| TRY IT |
Lines before the one containing "if they were cut." are left out; that line and all after it, through the end of the records, must be transcribed exactly.

| DATA FOR THIS EXERCISE |
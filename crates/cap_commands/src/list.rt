//! `capt list`, in text and in JSON: one line for each packet, as it is found.
ghost use Rattle.std.specs.Prelude.{◌≡◌, ◌<◌, ◌≤◌, ◌^◌, ◌∷◌, [], None, IsTrue, false, length};
ghost use Rattle.std.specs.Prelude.{IfOk, IsOkUnless, OnOk, is_err};
ghost use Rattle.cap_commands.specs.ClassText.{list_by, packet_line_by};
ghost use Rattle.cap_commands.specs.Left.{done_of};
ghost use Rattle.cap_commands.specs.ListText.{facts_before, list_json, list_lines, list_refusal, list_text};
ghost use Rattle.cap_commands.specs.inner.PacketParts.{packet_rest, packet_text};
ghost use Rattle.cap_bytes.specs.Device.{Puts, WriterKeeps, writer_of};
ghost use Rattle.cap_bytes.specs.Printing.{Prints, is_write};
ghost use Rattle.cap_print.specs.Facts.{line_in};
ghost use Rattle.cap_source.specs.Feed.{refusal_of};
ghost use Rattle.cap_source.specs.ReadFaults.{FailsOf};
ghost use Rattle.cap_source.specs.Items.{file_ending};
ghost use Rattle.cap_source.specs.inner.Walk.{SameEndings, Walks};
ghost use Rattle.cap_source.specs.inner.Growing.{IfMemory};
ghost use Rattle.cap_talks.specs.table.Descriptions.{describe_for, description_fields};

use crate::left::without_cut;
use crate::lines::{
    Behind, MOST_SHOWN, MOST_SHOWN_CLASSED, write_classed, write_packet, write_packet_end,
    write_packet_head,
};
use cap_bytes::{CutRest, Fault, Sink, Source, Tail, put_all};
use cap_print::{Form, Line, TimeForm};
use cap_source::{Capture, Meta, PacketFeed};
use cap_talks::describe_for;
use std::alloc::Global;
use std::cmp::min;

// Writes bytes as digits, and then the end of their packet's line in a form.
fn put_rest<W: Sink>(
    writer: &mut W,
    line: &mut Line,
    form: Form,
    behind: &Behind,
    bytes: &[u8],
) -> Result<(), Fault>
    ensures bytes { IsTrue (W.tells_held writer.old)
        → Puts (W.held writer.old) result (W.held writer.new) (packet_rest form behind.now bytes.now) }
    ensures writer { WriterKeeps (writer_of W.Sink writer.old) (is_err result) (writer_of W.Sink writer.new) }
    ensures fault { IsOkUnless result Fault.Write }
{
    let mut rest = bytes;
    while rest.len() > MOST_SHOWN {
        let (piece, others) = rest.split_at(MOST_SHOWN);
        line.clear();
        line.prepend_hex(b"", piece);
        put_all(writer, line.as_slice())?;
        rest = others;
    }
    write_packet_end(line, form, behind);
    line.prepend_hex(b"", rest);
    put_all(writer, line.as_slice())
}

/// Writes the packet number n, from 1, in a form, in pieces, with these of its captured bytes, of which there are some,
/// and that behind them. It returns `Write` if that fails, after a prefix.
#[inline(never)]
pub(crate) fn put_long_packet<W: Sink>(
    writer: &mut W,
    line: &mut Line,
    form: Form,
    behind: &Behind,
    n: u64,
    meta: &Meta,
    shown: &[u8],
) -> Result<(), Fault>
    requires { 0 < length shown.now }
    ensures bytes { IsTrue (W.tells_held writer.old)
        → Puts (W.held writer.old) result (W.held writer.new) (packet_text form behind.now n meta.now shown.now) }
    ensures writer { WriterKeeps (writer_of W.Sink writer.old) (is_err result) (writer_of W.Sink writer.new) }
    ensures fault { IsOkUnless result Fault.Write }
{
    write_packet_head(line, form, n, meta);
    put_all(writer, line.as_slice())?;
    put_rest(writer, line, form, behind, shown)
}

/// What a line of `list` shows of a packet.
#[derive(Clone, Copy, Debug, PartialEq, Eq)]
pub struct ListOptions {
    /// The form of the line.
    pub form: Form,
    /// How many of its captured bytes are shown at most, the first of them.
    pub most: u32,
    /// Whether it is said what the packet is by itself, and why.
    pub class: bool,
    /// Whether an IPv6 packet is read for that.
    pub ipv6: bool,
}

// Writes the packet number n, from 1, in a form, with these of its captured bytes, and what it is by itself, where IPv6
// packets are read or not.
#[inline(never)]
fn put_classed_packet<W: Sink>(
    writer: &mut W,
    line: &mut Line,
    form: Form,
    ipv6: bool,
    n: u64,
    meta: &Meta,
    bytes: &[u8],
    shown: &[u8],
) -> Result<(), Fault>
    ensures bytes { IsTrue (W.tells_held writer.old)
        → Puts (W.held writer.old) result (W.held writer.new)
        (line_in form
        (facts_before (description_fields (describe_for ipv6 meta.now bytes.now)) n meta.now shown.now)) }
    ensures writer { WriterKeeps (writer_of W.Sink writer.old) (is_err result) (writer_of W.Sink writer.new) }
    ensures fault { IsOkUnless result Fault.Write }
{
    let description = describe_for(ipv6, meta, bytes);
    if shown.len() > MOST_SHOWN_CLASSED {
        let behind = Behind::Described(description);
        return put_long_packet(writer, line, form, &behind, n, meta, shown);
    }
    write_classed(line, form, n, meta, shown, &description);
    put_all(writer, line.as_slice())
}

/// Writes the line of the packet number n, from 1, as the options say. It returns `Write` if that fails, after a
/// prefix. `line` is room for it, whatever it holds.
#[inline(always)]
pub fn put_packet_line<W: Sink>(
    writer: &mut W,
    line: &mut Line,
    options: ListOptions,
    n: u64,
    meta: &Meta,
    bytes: &[u8],
) -> Result<(), Fault>
    ensures bytes { IsTrue (W.tells_held writer.old)
        → Puts (W.held writer.old) result (W.held writer.new)
        (packet_line_by options.class options.ipv6 options.form options.most n meta.now bytes.now) }
    ensures writer { WriterKeeps (writer_of W.Sink writer.old) (is_err result) (writer_of W.Sink writer.new) }
    ensures fault { IsOkUnless result Fault.Write }
{
    let form = options.form;
    let (shown, _) = bytes.split_at(min(bytes.len(), options.most as usize));
    if options.class {
        return put_classed_packet(writer, line, form, options.ipv6, n, meta, bytes, shown);
    }
    if shown.len() > MOST_SHOWN {
        return put_long_packet(writer, line, form, &Behind::LineEnd, n, meta, shown);
    }
    write_packet(line, form, n, meta, shown);
    put_all(writer, line.as_slice())
}

// Prints the packets that a feed still gives as the options say. The first of them has the number 1.
fn list_packets<F: PacketFeed, W: Sink>(
    feed: &mut F,
    options: ListOptions,
    writer: &mut W,
) -> Result<(), Fault>
    requires { (F.feed feed.old).left ≤ 2 ^ 40 }
    ensures text { IsTrue (F.feed feed.old).told → IsTrue (W.tells_held writer.old)
        → Prints (list_lines (packet_line_by options.class options.ipv6 options.form options.most) 1
        (F.feed feed.old).items) (refusal_of (F.feed feed.old).items)
        (W.held writer.old) result (W.held writer.new) }
    ensures writer { WriterKeeps (writer_of W.Sink writer.old) (is_write result) (writer_of W.Sink writer.new) }
    ensures walks { Walks (F.feed feed.old) result (F.feed feed.new) }
    ensures endings { OnOk result (IsTrue (F.feed feed.old).told → SameEndings (F.feed feed.old) (F.feed feed.new)) }
    ensures files { OnOk result ((F.feed feed.new).files ≡ (F.feed feed.old).files) }
    ensures memory { IfMemory result ((F.feed feed.new).known ≡ None) }
{
    let mut line = Line::new();
    let mut number = 1u64;
    while feed.peek()? {
        let packet = feed.packet();
        put_packet_line(writer, &mut line, options, number, packet, feed.frame())?;
        feed.pass();
        number += 1;
    }
    Ok(())
}

/// Does what `list_to` or `list_json_to` does, by the form of the options, with at most so many bytes of each packet;
/// behind them it also prints what the packet is by itself, as `put_description` does, if they say so. It returns the
/// rest of the file that was cut and dropped, if it was.
pub(crate) fn list_in<R: Source, W: Sink>(
    alloc: Global,
    source: R,
    tail: Tail,
    options: ListOptions,
    writer: &mut W,
) -> Result<Option<CutRest>, Fault>
    ensures text { IsTrue (R.tells_coming source) → IsTrue (W.tells_held writer.old)
        → Prints (list_by options.class options.ipv6 options.form options.most tail (R.coming source))
        (list_refusal tail (R.coming source)) (W.held writer.old) (done_of result) (W.held writer.new) }
    ensures writer { WriterKeeps (writer_of W.Sink writer.old) (is_write result) (writer_of W.Sink writer.new) }
    ensures read { FailsOf (R.can_fail source ∷ []) result }
    ensures cut { IfOk result (λ cut. IsTrue (R.tells_coming source)
        → cut ≡ (file_ending tail 1 (R.coming source)).ending.cut) }
{
    let mut capture = Capture::new(alloc, source, 1, tail);
    list_packets(&mut capture, options, writer)?;
    Ok(capture.ending(1).cut)
}

// Lines in a form that show that many bytes of a packet at most, and don't say what it is.
fn without_classes(form: Form, most: u32) -> ListOptions
    ensures { result ≡ record { form = form; most = most; class = false; ipv6 = false } }
{
    ListOptions {
        form,
        most,
        class: false,
        ipv6: false,
    }
}

/// Prints a line for each packet of a capture file of either format, each as it is found, up to the first refusal,
/// which it returns. It returns `Read` if a read fails, `Write` if a write does, `Memory` if a growth is refused; then
/// a prefix of those lines is written.
pub fn list_to<R: Source, W: Sink>(
    alloc: Global,
    source: R,
    tail: Tail,
    writer: &mut W,
) -> Result<(), Fault>
    ensures text { IsTrue (R.tells_coming source) → IsTrue (W.tells_held writer.old)
        → Prints (list_text tail (R.coming source)) (list_refusal tail (R.coming source))
        (W.held writer.old) result (W.held writer.new) }
    ensures writer { WriterKeeps (writer_of W.Sink writer.old) (is_write result) (writer_of W.Sink writer.new) }
    ensures read { FailsOf (R.can_fail source ∷ []) result }
{
    let options = without_classes(Form::Text(TimeForm::Exact), 16);
    without_cut(list_in(alloc, source, tail, options, writer))
}

/// Prints a JSON object on a line of its own for each packet of a capture file of either format, each as it is found,
/// with at most `shown` of its captured bytes, up to the first refusal, which it returns. It returns `Read` if a read
/// fails, `Write` if a write does, `Memory` if a growth is refused; then a prefix of those lines is written.
pub fn list_json_to<R: Source, W: Sink>(
    alloc: Global,
    source: R,
    tail: Tail,
    shown: u32,
    writer: &mut W,
) -> Result<(), Fault>
    ensures text { IsTrue (R.tells_coming source) → IsTrue (W.tells_held writer.old)
        → Prints (list_json shown tail (R.coming source)) (list_refusal tail (R.coming source))
        (W.held writer.old) result (W.held writer.new) }
    ensures writer { WriterKeeps (writer_of W.Sink writer.old) (is_write result) (writer_of W.Sink writer.new) }
    ensures read { FailsOf (R.can_fail source ∷ []) result }
{
    let objects = without_classes(Form::Json(TimeForm::Exact), shown);
    without_cut(list_in(alloc, source, tail, objects, writer))
}
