//! What `capt convert`, `merge` and `join` write of files.
ghost use Rattle.std.specs.Prelude.{◌≤◌, ◌∷◌, [], IsTrue, map, vec_len};
ghost use Rattle.std.specs.List.{list_all};
ghost use Rattle.cap_bytes.specs.Device.{WriterKeeps, writer_of};
ghost use Rattle.cap_bytes.specs.Printing.{Prints, is_write};
ghost use Rattle.cap_source.specs.ReadFaults.{FailsOf};
ghost use Rattle.cap_commands.specs.Converted.{convert_text, convert_refusal};
ghost use Rattle.cap_commands.specs.JoinText.{join_text, join_text_in, join_refusal, join_refusal_in};
ghost use Rattle.cap_commands.specs.MergeText.{merge_text, merge_text_in, merge_refusal, merge_refusal_in};

use crate::counting::{OutputFormat, RunForm, convert_and_count, join_and_count, merge_and_count};
use cap_bytes::{Fault, Order, Sink, Source, Tail};
use cap_time::Unit;
use std::alloc::Global;

/// Writes the packets of a capture file of either format as a file of that format, with numbers in that byte order,
/// exactly as they were read, up to the first refusal, which it returns: one of the file that is read, or of a packet
/// that the format can't hold (rules 13 and 17 in pcapng, 17 to 21 in pcap: see `to_pcapng` and `to_pcap`). Returns
/// `Read` if a read fails, `Write` if a write does, `Memory` if a growth is refused; after these a prefix of that
/// text is written.
pub fn convert_to<R: Source, W: Sink>(
    alloc: Global,
    source: R,
    tail: Tail,
    order: Order,
    format: OutputFormat,
    writer: &mut W,
) -> Result<(), Fault>
    ensures text { IsTrue (R.tells_coming source) → IsTrue (W.tells_held writer.old)
        → Prints (convert_text format order tail (R.coming source)) (convert_refusal format tail (R.coming source))
        (W.held writer.old) result (W.held writer.new) }
    ensures writer { WriterKeeps (writer_of W.Sink writer.old) (is_write result) (writer_of W.Sink writer.new) }
    ensures read { FailsOf (R.can_fail source ∷ []) result }
{
    convert_and_count(alloc, source, tail, order, format, false, writer)?;
    Ok(())
}

/// Writes the packets of 1 to 32 capture files, each of either format, as a pcapng file of one section in
/// that byte order, sorted by exact time: by the greatest time so far in a packet's file, of equal ones
/// by file, then by place in the file. It ends at the first refusal, which it returns: one of a file that
/// is read, or of a packet that can't be written (rules 13 and 17: see `write_merged`). Returns `Read` if a
/// read fails, `Write` if a write does, `Memory` if a growth is refused; after these a prefix of that text is
/// written.
pub fn merge_to<R: Source, W: Sink>(
    alloc: Global,
    sources: Vec<R>,
    tail: Tail,
    order: Order,
    writer: &mut W,
) -> Result<(), Fault>
    requires some { 1 ≤ vec_len sources }
    requires most { vec_len sources ≤ 32 }
    ensures text { IsTrue (list_all R.tells_coming sources.items) → IsTrue (W.tells_held writer.old)
        → Prints (merge_text order tail (map R.coming sources.items)) (merge_refusal tail (map R.coming sources.items))
        (W.held writer.old) result (W.held writer.new) }
    ensures writer { WriterKeeps (writer_of W.Sink writer.old) (is_write result) (writer_of W.Sink writer.new) }
    ensures read { FailsOf (map R.can_fail sources.items) result }
{
    merge_and_count(alloc, sources, tail, order, RunForm::Pcapng, false, writer)?;
    Ok(())
}

/// Writes the packets of 1 to 32 capture files, each of either format, as a pcap file in that byte order, sorted as
/// `merge_to` sorts them. It has the link and the snaplen of the first packet's interface, and the unit of time that is
/// asked for, or else the fraction of a second of that interface. It ends at the first refusal, which it returns: one
/// of a file that is read, or of a packet that can't be written (rules 17 to 20, or 21 if there is no packet: see
/// `write_merged_pcap`). Returns `Read` if a read fails, `Write` if a write does, `Memory` if a growth is refused;
/// after these a prefix of that text is written.
pub fn merge_to_pcap<R: Source, W: Sink>(
    alloc: Global,
    sources: Vec<R>,
    tail: Tail,
    order: Order,
    unit: Option<Unit>,
    writer: &mut W,
) -> Result<(), Fault>
    requires some { 1 ≤ vec_len sources }
    requires most { vec_len sources ≤ 32 }
    ensures text { IsTrue (list_all R.tells_coming sources.items) → IsTrue (W.tells_held writer.old)
        → Prints (merge_text_in (RunForm.Pcap unit) order tail (map R.coming sources.items))
        (merge_refusal_in (RunForm.Pcap unit) tail (map R.coming sources.items))
        (W.held writer.old) result (W.held writer.new) }
    ensures writer { WriterKeeps (writer_of W.Sink writer.old) (is_write result) (writer_of W.Sink writer.new) }
    ensures read { FailsOf (map R.can_fail sources.items) result }
{
    let form = RunForm::Pcap(unit);
    merge_and_count(alloc, sources, tail, order, form, false, writer)?;
    Ok(())
}

/// Writes the whole IPv4 datagrams of 1 to 32 capture files, each of either format, as a pcapng file of
/// one section in that byte order: the packets are taken in the order of exact time, as `merge_to` does, their
/// fragments are joined (RFC 791, 3.2), and each datagram is one packet without a link header, as
/// `write_joined` writes it. It ends at the first refusal, which it returns: one of a file that is read, or of a
/// packet or a datagram that can't be written (rules 13 and 17: see `write_joined`). Returns `Read` if a read
/// fails, `Write` if a write does, `Memory` if a growth is refused; after these a prefix of that text is written.
pub fn join_to<R: Source, W: Sink>(
    alloc: Global,
    sources: Vec<R>,
    tail: Tail,
    order: Order,
    writer: &mut W,
) -> Result<(), Fault>
    requires some { 1 ≤ vec_len sources }
    requires most { vec_len sources ≤ 32 }
    ensures text { IsTrue (list_all R.tells_coming sources.items) → IsTrue (W.tells_held writer.old)
        → Prints (join_text order tail (map R.coming sources.items)) (join_refusal tail (map R.coming sources.items))
        (W.held writer.old) result (W.held writer.new) }
    ensures writer { WriterKeeps (writer_of W.Sink writer.old) (is_write result) (writer_of W.Sink writer.new) }
    ensures read { FailsOf (map R.can_fail sources.items) result }
{
    let format = OutputFormat::Pcapng;
    join_and_count(alloc, sources, tail, order, format, false, writer)?;
    Ok(())
}

/// Writes the whole IPv4 datagrams of 1 to 32 capture files, each of either format, as a pcap file in that byte
/// order: those that `join_to` writes, in the unit of time that is asked for, if one is. It ends at the first refusal,
/// which it returns: one of a file that is read, or of a packet or a datagram that can't be written (rules 17, 19 and
/// 20, or 21 if there is no datagram: see `write_joined_pcap`). Returns `Read` if a read fails, `Write` if a write
/// does, `Memory` if a growth is refused; after these a prefix of that text is written.
pub fn join_to_pcap<R: Source, W: Sink>(
    alloc: Global,
    sources: Vec<R>,
    tail: Tail,
    order: Order,
    unit: Option<Unit>,
    writer: &mut W,
) -> Result<(), Fault>
    requires some { 1 ≤ vec_len sources }
    requires most { vec_len sources ≤ 32 }
    ensures text { IsTrue (list_all R.tells_coming sources.items) → IsTrue (W.tells_held writer.old)
        → Prints (join_text_in (OutputFormat.Pcap unit) order tail (map R.coming sources.items))
        (join_refusal_in (OutputFormat.Pcap unit) tail (map R.coming sources.items))
        (W.held writer.old) result (W.held writer.new) }
    ensures writer { WriterKeeps (writer_of W.Sink writer.old) (is_write result) (writer_of W.Sink writer.new) }
    ensures read { FailsOf (map R.can_fail sources.items) result }
{
    let format = OutputFormat::Pcap(unit);
    join_and_count(alloc, sources, tail, order, format, false, writer)?;
    Ok(())
}
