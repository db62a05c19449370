//! What a command that writes a capture leaves out, or leaves as it was.
ghost use Rattle.std.specs.Prelude.{◌≡◌};
ghost use Rattle.std.specs.Prelude.{None, replicate};
ghost use Rattle.cap_bytes.specs.Printing.{is_write};
ghost use Rattle.cap_commands.specs.Left.{both_cut, done_of, left_of_report, nothing_left, only_cut, only_cuts};

use crate::diff::CutEnds;
use cap_bytes::{CutRest, Fault};
use cap_talks::{OtherCounts, ReportLeft};
use cap_write::LeftOut;

/// What a command that writes a capture leaves out, or leaves as it was.
#[derive(Clone, Copy, Debug, PartialEq, Eq)]
pub struct DroppedInfo {
    /// How many blocks of the files aren't carried on: those that were skipped.
    pub skipped: u128,
    /// How many of these are Decryption Secrets Blocks. draft-ietf-opsawg-pcapng, 4.7.
    pub secret_blocks: u128,
    /// How many of these are Name Resolution Blocks. draft-ietf-opsawg-pcapng, 4.5.
    pub name_blocks: u128,
    /// How many interfaces of the files have a name, which isn't carried on.
    pub named: u128,
    /// How many comments the sections, interfaces and packets of the files have, which aren't carried on; 0 if they
    /// weren't counted.
    pub comments: u128,
    /// How many packets had a time below the greatest so far of their file.
    pub ran_back: u128,
    /// The rest of each file, by its place, that was cut and is dropped: of 32 files at most.
    pub cuts: [Option<CutRest>; 32],
    /// How many packets `join` leaves out, by their class in a report of the files, if they were counted.
    pub left_out: Option<LeftOut>,
    /// How many packets that `report` counts as `not-ipv4` there are of each network, if they were counted.
    pub not_ipv4: Option<OtherCounts>,
}

/// Nothing was left out, and nothing ran back.
pub const NOTHING_LEFT: DroppedInfo = DroppedInfo {
    skipped: 0,
    secret_blocks: 0,
    name_blocks: 0,
    named: 0,
    comments: 0,
    ran_back: 0,
    cuts: [None; 32],
    left_out: None,
    not_ipv4: None,
};

/// What is left of files that are read, and that ended in those rests, by their places, where they were cut.
pub(crate) fn only_cuts(cuts: [Option<CutRest>; 32]) -> DroppedInfo
    ensures { result ≡ only_cuts cuts }
{
    DroppedInfo {
        skipped: 0,
        secret_blocks: 0,
        name_blocks: 0,
        named: 0,
        comments: 0,
        ran_back: 0,
        cuts,
        left_out: None,
        not_ipv4: None,
    }
}

/// What a report leaves.
pub(crate) fn left_of_report(left: ReportLeft) -> DroppedInfo
    ensures { result ≡ left_of_report left }
{
    let cuts = left.cuts;
    DroppedInfo {
        skipped: 0,
        secret_blocks: 0,
        name_blocks: 0,
        named: 0,
        comments: 0,
        ran_back: 0,
        cuts,
        left_out: None,
        not_ipv4: left.not_ipv4,
    }
}

/// What is left of the only file that is read, and that ended in that rest, if it was cut.
pub(crate) fn only_cut(cut: Option<CutRest>) -> DroppedInfo
    ensures { result ≡ only_cut cut }
{
    let mut cuts: [Option<CutRest>; 32] = [None; 32];
    cuts[0] = cut;
    only_cuts(cuts)
}

/// What is left of the two files that are compared, and that ended in those rests, if they were cut.
pub(crate) fn both_cut(ends: CutEnds) -> DroppedInfo
    ensures { result ≡ both_cut ends }
{
    let mut left = only_cut(ends.first);
    left.cuts[1] = ends.second;
    left
}

/// What a call returns that says nothing of a rest that was cut.
pub(crate) fn without_cut(answer: Result<Option<CutRest>, Fault>) -> Result<(), Fault>
    ensures done { result ≡ done_of answer }
    ensures write { is_write result ≡ is_write answer }
{
    match answer {
        Ok(_) => Ok(()),
        Err(fault) => Err(fault),
    }
}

| RESULT |
/// What is left of the two files that are compared, and that ended in those rests, if they were cut.
pub(crate) fn both_cut(ends: CutEnds) -> DroppedInfo
    ensures { result ≡ both_cut ends }
{
    let mut left = only_cut(ends.first);
    left.cuts[1] = ends.second;
    left
}

/// What a call returns that says nothing of a rest that was cut.
pub(crate) fn without_cut(answer: Result<Option<CutRest>, Fault>) -> Result<(), Fault>
    ensures done { result ≡ done_of answer }
    ensures write { is_write result ≡ is_write answer }
{
    match answer {
        Ok(_) => Ok(()),
        Err(fault) => Err(fault),
    }
}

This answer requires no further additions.